**Task prompt:** Search the data below for the string "written" and copy all lines where it shows up.

»»

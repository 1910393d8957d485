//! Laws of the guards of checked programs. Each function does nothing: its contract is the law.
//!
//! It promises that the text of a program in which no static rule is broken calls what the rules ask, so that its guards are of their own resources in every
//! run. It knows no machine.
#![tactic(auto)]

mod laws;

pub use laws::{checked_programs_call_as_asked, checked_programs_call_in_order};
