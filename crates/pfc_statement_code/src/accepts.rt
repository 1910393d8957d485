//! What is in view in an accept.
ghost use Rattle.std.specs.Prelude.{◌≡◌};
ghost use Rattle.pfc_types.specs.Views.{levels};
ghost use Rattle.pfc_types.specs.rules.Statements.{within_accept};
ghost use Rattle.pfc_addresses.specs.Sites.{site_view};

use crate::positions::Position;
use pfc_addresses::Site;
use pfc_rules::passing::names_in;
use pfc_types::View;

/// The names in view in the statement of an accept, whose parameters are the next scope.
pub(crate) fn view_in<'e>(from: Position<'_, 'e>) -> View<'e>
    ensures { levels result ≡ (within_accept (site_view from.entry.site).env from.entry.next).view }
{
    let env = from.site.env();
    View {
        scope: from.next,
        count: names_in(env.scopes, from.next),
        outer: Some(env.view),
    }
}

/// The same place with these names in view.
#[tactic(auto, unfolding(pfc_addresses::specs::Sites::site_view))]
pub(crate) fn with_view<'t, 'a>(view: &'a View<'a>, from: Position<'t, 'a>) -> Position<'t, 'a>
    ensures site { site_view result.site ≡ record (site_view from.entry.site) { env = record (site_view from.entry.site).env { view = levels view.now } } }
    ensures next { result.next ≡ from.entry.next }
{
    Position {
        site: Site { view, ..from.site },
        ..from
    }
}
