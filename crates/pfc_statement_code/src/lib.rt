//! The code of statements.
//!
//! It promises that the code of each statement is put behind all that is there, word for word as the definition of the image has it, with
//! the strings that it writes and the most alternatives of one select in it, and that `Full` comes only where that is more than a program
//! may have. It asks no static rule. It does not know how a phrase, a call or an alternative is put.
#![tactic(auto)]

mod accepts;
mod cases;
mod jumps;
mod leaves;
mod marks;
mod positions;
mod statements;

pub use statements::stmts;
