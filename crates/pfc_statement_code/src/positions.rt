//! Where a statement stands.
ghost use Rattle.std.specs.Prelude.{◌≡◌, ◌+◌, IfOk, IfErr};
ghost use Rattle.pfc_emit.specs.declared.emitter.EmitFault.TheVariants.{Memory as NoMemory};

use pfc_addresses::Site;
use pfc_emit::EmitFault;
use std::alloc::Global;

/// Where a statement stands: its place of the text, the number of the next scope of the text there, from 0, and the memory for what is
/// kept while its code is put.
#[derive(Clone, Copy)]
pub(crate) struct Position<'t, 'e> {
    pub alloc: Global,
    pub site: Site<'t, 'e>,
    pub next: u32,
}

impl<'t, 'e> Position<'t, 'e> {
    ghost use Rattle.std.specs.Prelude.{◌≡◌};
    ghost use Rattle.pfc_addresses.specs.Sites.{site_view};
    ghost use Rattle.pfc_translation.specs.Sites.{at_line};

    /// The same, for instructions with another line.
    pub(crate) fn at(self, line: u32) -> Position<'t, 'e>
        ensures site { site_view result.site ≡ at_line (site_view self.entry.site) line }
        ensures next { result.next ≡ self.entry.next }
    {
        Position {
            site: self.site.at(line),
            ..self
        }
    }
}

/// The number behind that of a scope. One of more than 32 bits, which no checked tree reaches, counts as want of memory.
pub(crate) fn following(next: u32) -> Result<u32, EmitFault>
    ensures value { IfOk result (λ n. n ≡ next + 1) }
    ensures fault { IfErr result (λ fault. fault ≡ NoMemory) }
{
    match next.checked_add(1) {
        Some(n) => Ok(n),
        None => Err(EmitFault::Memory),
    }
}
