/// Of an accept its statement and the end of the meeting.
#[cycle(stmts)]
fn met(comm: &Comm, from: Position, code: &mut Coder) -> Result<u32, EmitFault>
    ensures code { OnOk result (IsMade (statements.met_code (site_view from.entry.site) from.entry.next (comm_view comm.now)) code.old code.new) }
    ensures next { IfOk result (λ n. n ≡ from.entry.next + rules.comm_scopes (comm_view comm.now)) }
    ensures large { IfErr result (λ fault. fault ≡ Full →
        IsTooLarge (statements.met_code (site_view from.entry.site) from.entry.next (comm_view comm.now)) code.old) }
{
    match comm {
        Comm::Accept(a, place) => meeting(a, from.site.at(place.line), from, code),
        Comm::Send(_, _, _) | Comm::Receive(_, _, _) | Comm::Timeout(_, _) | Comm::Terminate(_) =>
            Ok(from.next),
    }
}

««
»»

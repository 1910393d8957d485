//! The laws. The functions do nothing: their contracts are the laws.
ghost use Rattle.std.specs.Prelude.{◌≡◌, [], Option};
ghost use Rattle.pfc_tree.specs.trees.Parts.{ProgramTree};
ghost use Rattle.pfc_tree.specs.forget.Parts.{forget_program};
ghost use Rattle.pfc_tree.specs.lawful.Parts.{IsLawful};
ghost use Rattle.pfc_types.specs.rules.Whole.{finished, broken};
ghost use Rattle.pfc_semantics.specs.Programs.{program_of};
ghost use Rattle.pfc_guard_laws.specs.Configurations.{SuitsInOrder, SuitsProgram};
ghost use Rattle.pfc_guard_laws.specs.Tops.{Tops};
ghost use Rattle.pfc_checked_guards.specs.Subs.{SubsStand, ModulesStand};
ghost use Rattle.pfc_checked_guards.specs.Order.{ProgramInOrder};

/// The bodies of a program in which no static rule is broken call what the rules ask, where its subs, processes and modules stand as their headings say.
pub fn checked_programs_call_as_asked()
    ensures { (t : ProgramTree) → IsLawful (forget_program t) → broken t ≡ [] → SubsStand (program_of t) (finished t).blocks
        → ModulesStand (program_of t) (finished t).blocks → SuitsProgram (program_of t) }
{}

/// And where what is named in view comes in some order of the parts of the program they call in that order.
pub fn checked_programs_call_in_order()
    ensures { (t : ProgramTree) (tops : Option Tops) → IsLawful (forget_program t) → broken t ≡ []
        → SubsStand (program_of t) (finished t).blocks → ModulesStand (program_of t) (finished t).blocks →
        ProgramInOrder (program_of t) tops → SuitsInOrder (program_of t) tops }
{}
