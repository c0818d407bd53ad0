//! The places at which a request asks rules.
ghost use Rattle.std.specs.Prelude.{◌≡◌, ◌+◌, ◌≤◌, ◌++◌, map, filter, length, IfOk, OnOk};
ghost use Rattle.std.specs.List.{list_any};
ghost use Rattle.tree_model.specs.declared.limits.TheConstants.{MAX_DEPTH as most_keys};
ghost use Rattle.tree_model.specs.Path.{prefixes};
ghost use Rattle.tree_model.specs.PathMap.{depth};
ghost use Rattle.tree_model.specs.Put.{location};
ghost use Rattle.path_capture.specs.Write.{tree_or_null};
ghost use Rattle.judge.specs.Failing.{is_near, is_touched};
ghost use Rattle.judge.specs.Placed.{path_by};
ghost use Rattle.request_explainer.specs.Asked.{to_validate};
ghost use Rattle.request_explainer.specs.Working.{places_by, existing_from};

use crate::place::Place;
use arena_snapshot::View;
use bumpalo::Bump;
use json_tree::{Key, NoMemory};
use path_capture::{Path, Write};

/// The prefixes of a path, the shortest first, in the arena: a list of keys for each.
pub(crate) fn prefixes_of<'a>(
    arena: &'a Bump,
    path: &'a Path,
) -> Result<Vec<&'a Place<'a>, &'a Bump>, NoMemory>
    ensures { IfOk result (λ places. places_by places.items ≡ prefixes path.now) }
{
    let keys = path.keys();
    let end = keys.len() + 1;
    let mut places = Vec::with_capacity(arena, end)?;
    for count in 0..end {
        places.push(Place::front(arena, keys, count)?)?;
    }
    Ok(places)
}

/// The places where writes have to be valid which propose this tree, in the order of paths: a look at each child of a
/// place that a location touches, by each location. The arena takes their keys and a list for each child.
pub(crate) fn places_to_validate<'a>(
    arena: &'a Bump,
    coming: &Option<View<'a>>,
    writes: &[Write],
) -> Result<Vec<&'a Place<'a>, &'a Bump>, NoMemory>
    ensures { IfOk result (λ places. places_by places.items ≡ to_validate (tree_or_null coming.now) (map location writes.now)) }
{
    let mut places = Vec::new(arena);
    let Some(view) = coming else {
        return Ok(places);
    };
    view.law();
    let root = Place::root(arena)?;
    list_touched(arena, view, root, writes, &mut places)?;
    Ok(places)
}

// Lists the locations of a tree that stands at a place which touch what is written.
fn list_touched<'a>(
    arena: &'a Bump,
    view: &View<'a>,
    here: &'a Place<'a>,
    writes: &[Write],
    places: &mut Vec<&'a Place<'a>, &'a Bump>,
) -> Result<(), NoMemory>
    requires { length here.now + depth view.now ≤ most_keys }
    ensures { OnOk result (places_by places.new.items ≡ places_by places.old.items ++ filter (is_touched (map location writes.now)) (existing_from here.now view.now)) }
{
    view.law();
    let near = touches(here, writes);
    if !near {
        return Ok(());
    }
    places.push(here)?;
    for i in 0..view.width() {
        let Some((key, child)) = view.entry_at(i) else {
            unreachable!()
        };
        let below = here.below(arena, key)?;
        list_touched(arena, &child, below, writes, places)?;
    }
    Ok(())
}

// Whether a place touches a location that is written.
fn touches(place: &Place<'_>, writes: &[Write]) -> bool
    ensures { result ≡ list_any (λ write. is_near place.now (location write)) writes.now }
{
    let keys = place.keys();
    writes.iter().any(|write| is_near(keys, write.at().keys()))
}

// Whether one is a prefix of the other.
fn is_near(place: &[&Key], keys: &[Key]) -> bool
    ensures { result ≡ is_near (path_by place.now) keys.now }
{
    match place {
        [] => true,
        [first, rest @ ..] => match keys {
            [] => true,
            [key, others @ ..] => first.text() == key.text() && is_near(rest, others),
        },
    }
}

««
»»

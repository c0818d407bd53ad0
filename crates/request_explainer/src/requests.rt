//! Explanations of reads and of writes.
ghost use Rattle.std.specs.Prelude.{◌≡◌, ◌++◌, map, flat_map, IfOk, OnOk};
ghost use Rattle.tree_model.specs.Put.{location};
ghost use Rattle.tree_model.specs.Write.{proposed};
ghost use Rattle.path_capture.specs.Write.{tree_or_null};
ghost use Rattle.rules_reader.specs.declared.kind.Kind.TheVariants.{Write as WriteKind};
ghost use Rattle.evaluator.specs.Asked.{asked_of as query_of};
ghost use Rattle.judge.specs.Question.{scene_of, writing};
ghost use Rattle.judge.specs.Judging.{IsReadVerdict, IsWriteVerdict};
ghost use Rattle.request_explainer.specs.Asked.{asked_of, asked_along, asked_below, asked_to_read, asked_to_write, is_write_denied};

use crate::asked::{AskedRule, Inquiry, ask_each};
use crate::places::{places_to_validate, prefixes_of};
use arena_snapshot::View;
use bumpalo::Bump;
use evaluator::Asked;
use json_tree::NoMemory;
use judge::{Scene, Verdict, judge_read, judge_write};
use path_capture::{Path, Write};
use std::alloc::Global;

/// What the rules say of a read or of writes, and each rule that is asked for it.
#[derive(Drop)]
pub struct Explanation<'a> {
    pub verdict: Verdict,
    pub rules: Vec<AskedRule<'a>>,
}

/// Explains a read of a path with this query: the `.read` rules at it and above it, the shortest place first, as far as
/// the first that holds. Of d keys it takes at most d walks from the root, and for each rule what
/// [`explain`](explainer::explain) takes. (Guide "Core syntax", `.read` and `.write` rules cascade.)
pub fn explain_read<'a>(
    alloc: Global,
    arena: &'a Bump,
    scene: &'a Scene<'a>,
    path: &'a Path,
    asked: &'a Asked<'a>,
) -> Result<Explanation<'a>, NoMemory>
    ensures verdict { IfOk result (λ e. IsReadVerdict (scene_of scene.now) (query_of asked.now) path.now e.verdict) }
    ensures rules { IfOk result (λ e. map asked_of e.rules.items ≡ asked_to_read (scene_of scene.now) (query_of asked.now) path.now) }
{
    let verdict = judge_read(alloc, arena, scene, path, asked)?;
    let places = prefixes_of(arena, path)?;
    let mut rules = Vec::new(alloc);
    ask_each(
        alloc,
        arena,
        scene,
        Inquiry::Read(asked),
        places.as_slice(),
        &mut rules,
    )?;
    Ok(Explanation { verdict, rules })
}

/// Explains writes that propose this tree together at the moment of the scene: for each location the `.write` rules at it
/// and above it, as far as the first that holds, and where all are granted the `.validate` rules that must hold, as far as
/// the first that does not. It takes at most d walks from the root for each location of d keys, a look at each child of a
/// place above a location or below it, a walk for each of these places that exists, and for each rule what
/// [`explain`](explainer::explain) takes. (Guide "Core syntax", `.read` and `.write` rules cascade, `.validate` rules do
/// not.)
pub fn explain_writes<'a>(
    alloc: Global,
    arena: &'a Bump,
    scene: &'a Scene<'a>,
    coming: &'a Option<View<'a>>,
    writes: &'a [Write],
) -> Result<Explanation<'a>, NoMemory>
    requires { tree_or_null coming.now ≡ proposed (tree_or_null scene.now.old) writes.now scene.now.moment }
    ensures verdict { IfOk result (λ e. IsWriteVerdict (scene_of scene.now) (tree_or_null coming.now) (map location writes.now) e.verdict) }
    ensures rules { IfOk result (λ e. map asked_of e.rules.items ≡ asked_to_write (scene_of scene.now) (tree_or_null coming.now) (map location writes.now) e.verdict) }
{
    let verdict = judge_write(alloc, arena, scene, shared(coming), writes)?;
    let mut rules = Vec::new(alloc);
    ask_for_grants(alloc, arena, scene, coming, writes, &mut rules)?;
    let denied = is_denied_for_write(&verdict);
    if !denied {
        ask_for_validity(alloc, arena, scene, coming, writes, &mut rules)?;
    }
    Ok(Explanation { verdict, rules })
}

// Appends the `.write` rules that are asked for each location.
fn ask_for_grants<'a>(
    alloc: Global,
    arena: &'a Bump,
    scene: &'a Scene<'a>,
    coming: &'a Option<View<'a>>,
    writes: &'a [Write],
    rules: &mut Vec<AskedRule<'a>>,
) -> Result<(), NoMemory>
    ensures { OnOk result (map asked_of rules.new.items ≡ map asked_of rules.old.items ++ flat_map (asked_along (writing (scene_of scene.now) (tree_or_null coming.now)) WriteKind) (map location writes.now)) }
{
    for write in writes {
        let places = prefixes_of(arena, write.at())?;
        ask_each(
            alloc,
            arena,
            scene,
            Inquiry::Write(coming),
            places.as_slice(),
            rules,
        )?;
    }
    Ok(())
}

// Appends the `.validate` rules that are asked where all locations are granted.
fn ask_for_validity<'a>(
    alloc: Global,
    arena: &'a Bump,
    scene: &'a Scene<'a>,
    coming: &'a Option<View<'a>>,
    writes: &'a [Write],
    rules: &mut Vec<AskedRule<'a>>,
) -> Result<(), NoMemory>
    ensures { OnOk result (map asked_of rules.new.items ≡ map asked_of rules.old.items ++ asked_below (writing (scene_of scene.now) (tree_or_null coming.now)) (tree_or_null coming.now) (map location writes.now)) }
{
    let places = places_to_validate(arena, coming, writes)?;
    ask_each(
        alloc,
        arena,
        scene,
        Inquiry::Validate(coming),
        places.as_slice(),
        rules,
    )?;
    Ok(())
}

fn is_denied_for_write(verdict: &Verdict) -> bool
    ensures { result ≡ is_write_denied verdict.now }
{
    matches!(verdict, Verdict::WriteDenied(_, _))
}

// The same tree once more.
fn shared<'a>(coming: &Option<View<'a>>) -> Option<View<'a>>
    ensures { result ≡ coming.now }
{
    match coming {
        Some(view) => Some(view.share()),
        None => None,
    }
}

««

**Reply to the exercise:**
// Lists the locations of a tree that stands at a place which touch what is written.
// Whether a place touches a location that is written.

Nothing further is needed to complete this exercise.